Material for this task START

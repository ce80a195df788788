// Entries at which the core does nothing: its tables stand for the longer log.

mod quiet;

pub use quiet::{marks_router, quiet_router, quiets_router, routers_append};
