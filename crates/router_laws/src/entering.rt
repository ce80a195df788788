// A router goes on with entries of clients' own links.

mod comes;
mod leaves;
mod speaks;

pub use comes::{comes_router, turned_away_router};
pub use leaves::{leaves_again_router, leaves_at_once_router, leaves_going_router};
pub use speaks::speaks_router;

Material for this task END
Material for this task START

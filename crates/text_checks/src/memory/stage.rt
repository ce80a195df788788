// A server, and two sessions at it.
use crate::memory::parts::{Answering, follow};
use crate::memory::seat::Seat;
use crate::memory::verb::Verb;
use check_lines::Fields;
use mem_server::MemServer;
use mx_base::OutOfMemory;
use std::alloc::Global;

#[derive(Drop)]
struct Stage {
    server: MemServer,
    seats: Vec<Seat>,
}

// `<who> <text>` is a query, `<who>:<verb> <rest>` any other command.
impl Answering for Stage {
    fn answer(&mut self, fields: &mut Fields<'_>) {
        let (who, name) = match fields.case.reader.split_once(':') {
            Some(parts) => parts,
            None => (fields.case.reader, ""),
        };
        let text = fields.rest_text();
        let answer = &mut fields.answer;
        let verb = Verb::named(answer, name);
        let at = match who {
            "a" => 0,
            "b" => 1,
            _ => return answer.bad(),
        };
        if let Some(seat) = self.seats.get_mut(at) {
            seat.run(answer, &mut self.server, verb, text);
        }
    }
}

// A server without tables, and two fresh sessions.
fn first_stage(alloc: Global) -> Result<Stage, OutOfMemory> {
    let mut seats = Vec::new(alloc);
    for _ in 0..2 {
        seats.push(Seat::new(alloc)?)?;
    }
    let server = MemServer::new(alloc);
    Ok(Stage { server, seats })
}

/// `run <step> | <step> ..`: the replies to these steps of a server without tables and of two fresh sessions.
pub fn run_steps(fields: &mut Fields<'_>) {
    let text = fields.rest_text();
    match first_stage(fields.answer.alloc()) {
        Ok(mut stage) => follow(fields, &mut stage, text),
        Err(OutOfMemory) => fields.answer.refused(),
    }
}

Material for this task END

### [About this exercise]
The sole thing to report is how many lines in the data hold the string "crates".

### [Reply to the exercise]
2